Exercise data:
# # # # #
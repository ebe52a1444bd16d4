//! Changes of the pair that take few bytes, and those of middle size: what packets move, and what changes in the queues.

ghost use Rattle.std.specs.Prelude.{◌≡◌, MatchOption};
ghost use Rattle.pfl_world.specs.inner.SmallEdits.{edit_of, edit_of_middle, node_of, node_of_middle, IsLarger, IsNotMiddle};

use crate::edit::WorldEdit;
use pfl_base::{Millis, NodeId};
use pfl_edits::{Packed, Packing};
use pfl_node::{BulkClient, Counter, MotionEdit, NodeEdit, QueueEdit};
use std::alloc::Allocator;
use std::mem::size_of;

/// A change of one place of a node, of which both values are small.
///
/// A tape keeps it in place of the change of the pair that it is, since that has the size of the largest.
#[derive(Clone, Copy, Debug)]
pub enum SmallEdit {
    Clock {
        node: NodeId,
        before: Millis,
        after: Millis,
    },
    NextId {
        node: NodeId,
        before: u64,
        after: u64,
    },
    Push {
        node: NodeId,
        before: bool,
        after: bool,
    },
    Count {
        node: NodeId,
        counter: Counter,
        before: u64,
        after: u64,
    },
}

/// A change of a node of middle size: what a packet moved of a state that stays, a change of the queues, or of where a bulk update
/// that it asked for stands.
#[derive(Clone, Copy, Debug)]
pub enum MiddleEdit {
    Moved {
        node: NodeId,
        edit: MotionEdit,
    },
    OfQueue {
        node: NodeId,
        edit: QueueEdit,
    },
    Client {
        node: NodeId,
        before: BulkClient,
        after: BulkClient,
    },
}

// How many bytes each takes at most.
const _: () = prove!(size_of::<SmallEdit>() <= 24);

const _: () = prove!(size_of::<MiddleEdit>() <= 128);

/// The change of a node as a small one, unless it is larger.
fn small_of(node: NodeId, edit: &NodeEdit) -> Option<SmallEdit>
    ensures small { MatchOption result (IsLarger edit.now) (λ small. (node_of small ≡ node) × (edit_of small ≡ edit.now)) }
{
    match *edit {
        NodeEdit::Clock { before, after } => Some(SmallEdit::Clock {
            node,
            before,
            after,
        }),
        NodeEdit::NextId { before, after } => Some(SmallEdit::NextId {
            node,
            before,
            after,
        }),
        NodeEdit::Push { before, after } => Some(SmallEdit::Push {
            node,
            before,
            after,
        }),
        NodeEdit::Count {
            counter,
            before,
            after,
        } => Some(SmallEdit::Count {
            node,
            counter,
            before,
            after,
        }),
        NodeEdit::OfState(_)
        | NodeEdit::Moved(_)
        | NodeEdit::OfQueue(_)
        | NodeEdit::OfHeld(_)
        | NodeEdit::Client { .. }
        | NodeEdit::Server { .. } => None,
    }
}

/// The change of a node as one of middle size, or none where it is of another size.
fn middle_of(node: NodeId, edit: &NodeEdit) -> Option<MiddleEdit>
    ensures middle { MatchOption result (IsNotMiddle edit.now) (λ middle. (node_of_middle middle ≡ node) × (edit_of_middle middle ≡ edit.now)) }
{
    match *edit {
        NodeEdit::Moved(edit) => Some(MiddleEdit::Moved { node, edit }),
        NodeEdit::OfQueue(edit) => Some(MiddleEdit::OfQueue { node, edit }),
        NodeEdit::Client { before, after } => Some(MiddleEdit::Client {
            node,
            before,
            after,
        }),
        _ => None,
    }
}

impl<A: Allocator> Packed for WorldEdit<A> {
    ghost use Rattle.pfl_world.specs.inner.SmallEdits.{whole_edit, whole_middle};

    type Small = SmallEdit;

    type Middle = MiddleEdit;

    ghost whole_small = { whole_edit };

    ghost whole_middle = { whole_middle };

    fn pack(self) -> Packing<SmallEdit, MiddleEdit, Self> {
        if let WorldEdit::OfNode(node, edit) = &self {
            if let Some(middle) = middle_of(*node, edit) {
                return Packing::Middle(middle);
            }
            if let Some(small) = small_of(*node, edit) {
                return Packing::Small(small);
            }
        }
        Packing::Large(self)
    }

    fn unpack_middle(middle: MiddleEdit) -> Self {
        match middle {
            MiddleEdit::Moved { node, edit } => WorldEdit::OfNode(node, NodeEdit::Moved(edit)),
            MiddleEdit::OfQueue { node, edit } => WorldEdit::OfNode(node, NodeEdit::OfQueue(edit)),
            MiddleEdit::Client {
                node,
                before,
                after,
            } => WorldEdit::OfNode(node, NodeEdit::Client { before, after }),
        }
    }

    fn unpack_small(small: SmallEdit) -> Self {
        match small {
            SmallEdit::Clock {
                node,
                before,
                after,
            } => WorldEdit::OfNode(node, NodeEdit::Clock { before, after }),
            SmallEdit::NextId {
                node,
                before,
                after,
            } => WorldEdit::OfNode(node, NodeEdit::NextId { before, after }),
            SmallEdit::Push {
                node,
                before,
                after,
            } => WorldEdit::OfNode(node, NodeEdit::Push { before, after }),
            SmallEdit::Count {
                node,
                counter,
                before,
                after,
            } => {
                let edit = NodeEdit::Count {
                    counter,
                    before,
                    after,
                };
                WorldEdit::OfNode(node, edit)
            }
        }
    }
}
# # # # #
What is needed: Exact copies of all the lines above are required.

Solution to the exercise:
repository ebe52a1444bd16d4
//! Changes of the pair that take few bytes, and those of middle size: what packets move, and what changes in the queues.

ghost use Rattle.std.specs.Prelude.{◌≡◌, MatchOption};
ghost use Rattle.pfl_world.specs.inner.SmallEdits.{edit_of, edit_of_middle, node_of, node_of_middle, IsLarger, IsNotMiddle};

use crate::edit::WorldEdit;
use pfl_base::{Millis, NodeId};
use pfl_edits::{Packed, Packing};
use pfl_node::{BulkClient, Counter, MotionEdit, NodeEdit, QueueEdit};
use std::alloc::Allocator;
use std::mem::size_of;

/// A change of one place of a node, of which both values are small.
///
/// A tape keeps it in place of the change of the pair that it is, since that has the size of the largest.
#[derive(Clone, Copy, Debug)]
pub enum SmallEdit {
    Clock {
        node: NodeId,
        before: Millis,
        after: Millis,
    },
    NextId {
        node: NodeId,
        before: u64,
        after: u64,
    },
    Push {
        node: NodeId,
        before: bool,
        after: bool,
    },
    Count {
        node: NodeId,
        counter: Counter,
        before: u64,
        after: u64,
    },
}

/// A change of a node of middle size: what a packet moved of a state that stays, a change of the queues, or of where a bulk update
/// that it asked for stands.
#[derive(Clone, Copy, Debug)]
pub enum MiddleEdit {
    Moved {
        node: NodeId,
        edit: MotionEdit,
    },
    OfQueue {
        node: NodeId,
        edit: QueueEdit,
    },
    Client {
        node: NodeId,
        before: BulkClient,
        after: BulkClient,
    },
}

// How many bytes each takes at most.
const _: () = prove!(size_of::<SmallEdit>() <= 24);

const _: () = prove!(size_of::<MiddleEdit>() <= 128);

/// The change of a node as a small one, unless it is larger.
fn small_of(node: NodeId, edit: &NodeEdit) -> Option<SmallEdit>
    ensures small { MatchOption result (IsLarger edit.now) (λ small. (node_of small ≡ node) × (edit_of small ≡ edit.now)) }
{
    match *edit {
        NodeEdit::Clock { before, after } => Some(SmallEdit::Clock {
            node,
            before,
            after,
        }),
        NodeEdit::NextId { before, after } => Some(SmallEdit::NextId {
            node,
            before,
            after,
        }),
        NodeEdit::Push { before, after } => Some(SmallEdit::Push {
            node,
            before,
            after,
        }),
        NodeEdit::Count {
            counter,
            before,
            after,
        } => Some(SmallEdit::Count {
            node,
            counter,
            before,
            after,
        }),
        NodeEdit::OfState(_)
        | NodeEdit::Moved(_)
        | NodeEdit::OfQueue(_)
        | NodeEdit::OfHeld(_)
        | NodeEdit::Client { .. }
        | NodeEdit::Server { .. } => None,
    }
}

/// The change of a node as one of middle size, or none where it is of another size.
fn middle_of(node: NodeId, edit: &NodeEdit) -> Option<MiddleEdit>
    ensures middle { MatchOption result (IsNotMiddle edit.now) (λ middle. (node_of_middle middle ≡ node) × (edit_of_middle middle ≡ edit.now)) }
{
    match *edit {
        NodeEdit::Moved(edit) => Some(MiddleEdit::Moved { node, edit }),
        NodeEdit::OfQueue(edit) => Some(MiddleEdit::OfQueue { node, edit }),
        NodeEdit::Client { before, after } => Some(MiddleEdit::Client {
            node,
            before,
            after,
        }),
        _ => None,
    }
}

impl<A: Allocator> Packed for WorldEdit<A> {
    ghost use Rattle.pfl_world.specs.inner.SmallEdits.{whole_edit, whole_middle};

    type Small = SmallEdit;

    type Middle = MiddleEdit;

    ghost whole_small = { whole_edit };

    ghost whole_middle = { whole_middle };

    fn pack(self) -> Packing<SmallEdit, MiddleEdit, Self> {
        if let WorldEdit::OfNode(node, edit) = &self {
            if let Some(middle) = middle_of(*node, edit) {
                return Packing::Middle(middle);
            }
            if let Some(small) = small_of(*node, edit) {
                return Packing::Small(small);
            }
        }
        Packing::Large(self)
    }

    fn unpack_middle(middle: MiddleEdit) -> Self {
        match middle {
            MiddleEdit::Moved { node, edit } => WorldEdit::OfNode(node, NodeEdit::Moved(edit)),
            MiddleEdit::OfQueue { node, edit } => WorldEdit::OfNode(node, NodeEdit::OfQueue(edit)),
            MiddleEdit::Client {
                node,
                before,
                after,
            } => WorldEdit::OfNode(node, NodeEdit::Client { before, after }),
        }
    }

    fn unpack_small(small: SmallEdit) -> Self {
        match small {
            SmallEdit::Clock {
                node,
                before,
                after,
            } => WorldEdit::OfNode(node, NodeEdit::Clock { before, after }),
            SmallEdit::NextId {
                node,
                before,
                after,
            } => WorldEdit::OfNode(node, NodeEdit::NextId { before, after }),
            SmallEdit::Push {
                node,
                before,
                after,
            } => WorldEdit::OfNode(node, NodeEdit::Push { before, after }),
            SmallEdit::Count {
                node,
                counter,
                before,
                after,
            } => {
                let edit = NodeEdit::Count {
                    counter,
                    before,
                    after,
                };
                WorldEdit::OfNode(node, edit)
            }
        }
    }
}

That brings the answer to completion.